Records shown »
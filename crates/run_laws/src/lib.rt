//! What holds besides of every legal run: of values, of monitors, of streams, and of disks that neither failed nor stopped.
#![tactic(auto)]

mod law;

pub use law::{legal_runs_hold_besides, spent_disks_are_full};
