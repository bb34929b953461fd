//! Graphs that a state stands for, and what holds of them.
#![tactic(auto)]

mod laws;

pub use laws::{added_law, root_law, value_law};
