//! Which vertices can be reached over the edges between numbered vertices, where only some vertices may
//! be passed through.
#![tactic(auto)]

mod along;
mod laws;
mod search;

pub use along::{reach_along, reach_through};
pub use laws::{join_law, monotone_law, no_repeats_law, reverse_law, split_law};
pub use search::{Edges, reach};
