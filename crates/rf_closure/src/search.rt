//! The search from one vertex over all edges.

ghost use Rattle.std.specs.Prelude.{◌≡◌, ◌==◌, ℕ, ◌<◌, ◌&&◌, ◌↔◌, not, Bool, false, IsTrue, IfOk, OnOk, vec_len, length, replicate, slice_index_or};
ghost use Rattle.rf_finite.specs.Walks.{IsReachable, walk_below};
ghost use Rattle.rf_closure.specs.Marking.{Marking};

use std::alloc::{AllocError, Global};

/// Numbered vertices, the edges between them, and which of them a walk may pass through.
pub trait Edges {
    ghost size: { Self → ℕ };

    ghost edge: { Self → ℕ → ℕ → Bool };

    ghost through: { Self → ℕ → Bool };

    /// The number of vertices.
    fn size(&self) -> u64
        ensures { result ≡ size self.now };

    /// Whether an edge leads from vertex `a` to vertex `b`.
    fn edge(&self, a: u64, b: u64) -> bool
        requires from { a < size self.now }
        requires to { b < size self.now }
        ensures { result ≡ edge self.now a b };

    /// Whether a walk may pass through vertex `a` on its way to another.
    fn through(&self, a: u64) -> bool
        requires { a < size self.now }
        ensures { result ≡ through self.now a };
}

/// Whether vertex `b` is not marked yet and an edge leads to it from vertex `c`.
fn is_new_end<E: Edges>(e: &E, c: u64, b: u64, marks: &[bool]) -> bool
    requires from { c < E.size e.now }
    requires to { b < E.size e.now }
    requires marks { length marks.now ≡ E.size e.now }
    ensures { result ≡ (not (slice_index_or marks.now b false) && E.edge e.now c b) }
{
    !marks[b as usize] && e.edge(c, b)
}

/// Marks each vertex to which an edge leads from `c`, and puts those that were not marked on the stack.
fn expand<E: Edges>(
    e: &E,
    c: u64,
    marks: &mut Vec<bool>,
    stack: &mut Vec<u64>,
) -> Result<(), AllocError>
    requires from { c < E.size e.now }
    requires marks { vec_len marks.old ≡ E.size e.now }
    ensures len { vec_len marks.new ≡ vec_len marks.old }
    ensures marks { OnOk result (Marking (E.size e.now) (E.edge e.now c) marks.old.items stack.old.items
        marks.new.items stack.new.items) }
{
    for b in 0..e.size() {
        if is_new_end(e, c, b, marks) {
            marks[b as usize] = true;
            stack.push(b)?;
        }
    }
    Ok(())
}

/// Whether vertex `c` is still to be expanded when it is found: the start is expanded already, and
/// nothing is found through a vertex that no walk may pass through.
fn is_passed<E: Edges>(e: &E, from: u64, c: u64) -> bool
    requires { c < E.size e.now }
    ensures { result ≡ (not (c == from) && E.through e.now c) }
{
    c != from && e.through(c)
}

/// Marks for `size` vertices, none of them set. Where memory runs out, the answer is
/// an `AllocError`.
pub(crate) fn no_marks(alloc: Global, size: u64) -> Result<Vec<bool>, AllocError>
    ensures { IfOk result (λ marks. marks.items ≡ replicate size false) }
{
    vec![in alloc; false; size as usize]
}

/// Marks each vertex to which a walk of one or more edges leads from `from` over inner vertices that may
/// be passed through. So `from` itself is marked only where a walk leads back to it.
///
/// Each vertex is expanded at most once, by asking for the edges that lead from it to vertices that are
/// not marked yet: at most `size` edges. The stack holds each vertex at most once. Where memory runs
/// out, the answer is an `AllocError`.
pub fn reach<E: Edges>(alloc: Global, e: &E, from: u64) -> Result<Vec<bool>, AllocError>
    requires { from < E.size e.now }
    ensures len { IfOk result (λ marks. vec_len marks ≡ E.size e.now) }

    // A vertex is marked exactly where a list of inner vertices is a walk to it.
    ensures marks { IfOk result (λ marks. (b : ℕ) → b < E.size e.now
        → IsTrue (slice_index_or marks.items b false)
        ↔ IsReachable (E.edge e.now) (E.through e.now) (E.size e.now) from b) }

    // The same as an equation, for callers that compute with walks.
    ensures value { IfOk result (λ marks. (b : ℕ) → b < E.size e.now
        → slice_index_or marks.items b false
        ≡ walk_below (E.edge e.now) (E.through e.now) (E.size e.now) from b) }
{
    let mut marks = no_marks(alloc, e.size())?;
    let mut stack = Vec::new(alloc);
    expand(e, from, &mut marks, &mut stack)?;
    while let Some(c) = stack.pop() {
        if is_passed(e, from, c) {
            expand(e, c, &mut marks, &mut stack)?;
        }
    }
    Ok(marks)
}
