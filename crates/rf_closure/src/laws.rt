//! What holds of all walks, each law as the contract of a function that does nothing.

ghost use Rattle.rf_closure.specs.Laws.{WalksSplit, WalksJoin, WalksReverse, WalksNeedNoRepeats, WalksAreMonotone};

/// An inner vertex of a walk splits it into two walks.
pub fn split_law()
    ensures { WalksSplit }
{}

/// Two walks that meet at a vertex that may be passed through are one walk.
pub fn join_law()
    ensures { WalksJoin }
{}

/// A walk read backwards goes over the edges backwards.
pub fn reverse_law()
    ensures { WalksReverse }
{}

/// Where there is a walk, there is one that visits no inner vertex twice.
pub fn no_repeats_law()
    ensures { WalksNeedNoRepeats }
{}

/// More edges and more vertices that may be passed through keep each walk.
pub fn monotone_law()
    ensures { WalksAreMonotone }
{}
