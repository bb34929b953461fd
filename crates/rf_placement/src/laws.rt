//! What holds of graphs and the states that stand for them, each law as the contract of a function that does
//! nothing.

ghost use Rattle.rf_placement.specs.Laws.{AddedIsEnough, RootIsConcretised, ValuesAreKept};

/// The root of a problem stands for each graph that satisfies the problem.
pub fn root_law()
    ensures { RootIsConcretised }
{}

/// What is known of a predicate at some objects is so at each tuple of nodes of them.
pub fn value_law()
    ensures { ValuesAreKept }
{}

/// Of a graph that satisfies the problem only what was added to a state can be wrong.
pub fn added_law()
    ensures { AddedIsEnough }
{}
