//! The search from one vertex along lists of the vertices to which each vertex leads.

ghost use Rattle.std.specs.Prelude.{◌≡◌, ◌==◌, ℕ, ◌<◌, ◌&&◌, not, nat_lt, true, false, IfOk, OnOk, vec_len, length, map, slice_index_or};
ghost use Rattle.std.specs.List.{list_any};
ghost use Rattle.rf_finite.specs.Walks.{walk_below};
ghost use Rattle.rf_closure.specs.Along.{leads};
ghost use Rattle.rf_closure.specs.Marking.{Marking, passes};

use crate::search::no_marks;
use std::alloc::{AllocError, Global};

/// Whether number `b` is a vertex that is not marked yet.
fn is_unmarked(marks: &[bool], b: u64) -> bool
    ensures { result ≡ (nat_lt b (length marks.now) && not (slice_index_or marks.now b false)) }
{
    (b as usize) < marks.len() && !marks[b as usize]
}

/// Marks each vertex of the list, and puts those that were not marked on the stack. A number that isn't
/// a vertex is passed over.
fn mark_listed(
    vertices: &[u64],
    marks: &mut Vec<bool>,
    stack: &mut Vec<u64>,
) -> Result<(), AllocError>
    ensures len { vec_len marks.new ≡ vec_len marks.old }
    ensures marks { OnOk result (Marking (vec_len marks.old)
        (λ b. list_any (λ c. c == b) vertices.now)
        marks.old.items stack.old.items marks.new.items stack.new.items) }
{
    for b in vertices {
        if is_unmarked(marks, *b) {
            marks[*b as usize] = true;
            stack.push(*b)?;
        }
    }
    Ok(())
}

/// Marks each vertex to which vertex `c` leads directly, and puts those that were not marked on the
/// stack.
fn expand_along(
    successors: &[Vec<u64>],
    c: u64,
    marks: &mut Vec<bool>,
    stack: &mut Vec<u64>,
) -> Result<(), AllocError>
    requires from { c < length successors.now }
    requires marks { vec_len marks.old ≡ length successors.now }
    ensures len { vec_len marks.new ≡ vec_len marks.old }
    ensures marks { OnOk result (Marking (length successors.now)
        (leads (map (λ list. list.items) successors.now) c)
        marks.old.items stack.old.items marks.new.items stack.new.items) }
{
    mark_listed(&successors[c as usize], marks, stack)
}

/// Whether a walk may pass through vertex `c`. Where nothing is said it may through each.
fn is_open(through: Option<&[bool]>, c: u64) -> bool
    ensures { result ≡ passes through.entry c }
{
    match through {
        None => true,
        Some(marks) => match marks.get(c as usize) {
            Some(mark) => *mark,
            None => false,
        },
    }
}

/// Whether vertex `c` is still to be expanded when it is found: the start is expanded already, and
/// nothing is found through a vertex that no walk may pass through.
fn is_passed(through: Option<&[bool]>, from: u64, c: u64) -> bool
    ensures { result ≡ (not (c == from) && passes through.entry c) }
{
    c != from && is_open(through, c)
}

/// Marks each vertex to which a walk of one or more steps leads from `from`.
fn search(
    alloc: Global,
    successors: &[Vec<u64>],
    through: Option<&[bool]>,
    from: u64,
) -> Result<Vec<bool>, AllocError>
    requires { from < length successors.now }
    ensures len { IfOk result (λ marks. vec_len marks ≡ length successors.now) }
    ensures value { IfOk result (λ marks. (b : ℕ) → b < length successors.now
        → slice_index_or marks.items b false
        ≡ walk_below (leads (map (λ list. list.items) successors.now)) (passes through.entry)
        (length successors.now) from b) }
{
    let mut marks = no_marks(alloc, successors.len() as u64)?;
    let mut stack = Vec::new(alloc);
    expand_along(successors, from, &mut marks, &mut stack)?;
    while let Some(c) = stack.pop() {
        if is_passed(through, from, c) {
            expand_along(successors, c, &mut marks, &mut stack)?;
        }
    }
    Ok(marks)
}

/// Marks each vertex to which a walk of one or more steps leads from `from`, where each vertex leads
/// to the vertices of its list. So `from` itself is marked only where a walk leads back to it. A
/// number that isn't a vertex counts for nothing.
///
/// The list of each vertex is read at most once, so the time grows with the number of vertices and the
/// lengths of their lists together. The memory is a mark for each vertex and a stack that holds each
/// vertex at most once; where memory runs out, the answer is an `AllocError`.
pub fn reach_along(
    alloc: Global,
    successors: &[Vec<u64>],
    from: u64,
) -> Result<Vec<bool>, AllocError>
    requires { from < length successors.now }
    ensures len { IfOk result (λ marks. vec_len marks ≡ length successors.now) }

    // A vertex is marked exactly where a walk leads to it.
    ensures value { IfOk result (λ marks. (b : ℕ) → b < length successors.now
        → slice_index_or marks.items b false
        ≡ walk_below (leads (map (λ list. list.items) successors.now)) (λ _. true)
        (length successors.now) from b) }
{
    search(alloc, successors, None, from)
}

/// The same where a walk may pass only through the vertices that are marked.
pub fn reach_through(
    alloc: Global,
    successors: &[Vec<u64>],
    through: &[bool],
    from: u64,
) -> Result<Vec<bool>, AllocError>
    requires { from < length successors.now }
    ensures len { IfOk result (λ marks. vec_len marks ≡ length successors.now) }
    ensures value { IfOk result (λ marks. (b : ℕ) → b < length successors.now
        → slice_index_or marks.items b false
        ≡ walk_below (leads (map (λ list. list.items) successors.now)) (λ c. slice_index_or through.now c false)
        (length successors.now) from b) }
{
    search(alloc, successors, Some(through), from)
}
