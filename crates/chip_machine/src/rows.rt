//! One method for each row of the instruction table.

ghost use Rattle.std.specs.Prelude.{◌≡◌, ◌≤◌, length};
ghost use Rattle.chip_machine.specs.Step.{effect, Changes, Stops};
ghost use Rattle.chip_machine.specs.inner.Performs.{Accessing, Changing, Asking};

use crate::keys::{is_down, least_down};
use crate::limits::{FLAGS, FRAMES, LAST_WORD, MEMORY_BYTES};
use crate::memory::{load, store};
use crate::processor::Processor;
use crate::stop::Stop;
use crate::touch::Span;
use chip_lang::instr::Instr;
use chip_lang::number::{Addr, Nibble, Reg};
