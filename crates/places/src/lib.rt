//! Places of operations in the order, and the order by them.
#![tactic(auto)]

mod place;
mod places;
mod room;
mod segment;

pub use place::Place;
pub use places::Places;
pub use room::touch_room;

Goal of the exercise » Transcribe each line of the data above, unaltered, from the one where "failed nor stopped." appears to the one where "marked yet and" appears, inclusive of both.

Task answer »
//! What holds besides of every legal run: of values, of monitors, of streams, and of disks that neither failed nor stopped.
#![tactic(auto)]

mod law;

pub use law::{legal_runs_hold_besides, spent_disks_are_full};
repository bb34929b953461fd
//! Graphs that a state stands for, and what holds of them.
#![tactic(auto)]

mod laws;

pub use laws::{added_law, root_law, value_law};
//! Which vertices can be reached over the edges between numbered vertices, where only some vertices may
//! be passed through.
#![tactic(auto)]

mod along;
mod laws;
mod search;

pub use along::{reach_along, reach_through};
pub use laws::{join_law, monotone_law, no_repeats_law, reverse_law, split_law};
pub use search::{Edges, reach};
filename crates/rf_closure/src/search.rt
//! The search from one vertex over all edges.

ghost use Rattle.std.specs.Prelude.{◌≡◌, ◌==◌, ℕ, ◌<◌, ◌&&◌, ◌↔◌, not, Bool, false, IsTrue, IfOk, OnOk, vec_len, length, replicate, slice_index_or};
ghost use Rattle.rf_finite.specs.Walks.{IsReachable, walk_below};
ghost use Rattle.rf_closure.specs.Marking.{Marking};

use std::alloc::{AllocError, Global};

/// Numbered vertices, the edges between them, and which of them a walk may pass through.
pub trait Edges {
    ghost size: { Self → ℕ };

    ghost edge: { Self → ℕ → ℕ → Bool };

    ghost through: { Self → ℕ → Bool };

    /// The number of vertices.
    fn size(&self) -> u64
        ensures { result ≡ size self.now };

    /// Whether an edge leads from vertex `a` to vertex `b`.
    fn edge(&self, a: u64, b: u64) -> bool
        requires from { a < size self.now }
        requires to { b < size self.now }
        ensures { result ≡ edge self.now a b };

    /// Whether a walk may pass through vertex `a` on its way to another.
    fn through(&self, a: u64) -> bool
        requires { a < size self.now }
        ensures { result ≡ through self.now a };
}

/// Whether vertex `b` is not marked yet and an edge leads to it from vertex `c`.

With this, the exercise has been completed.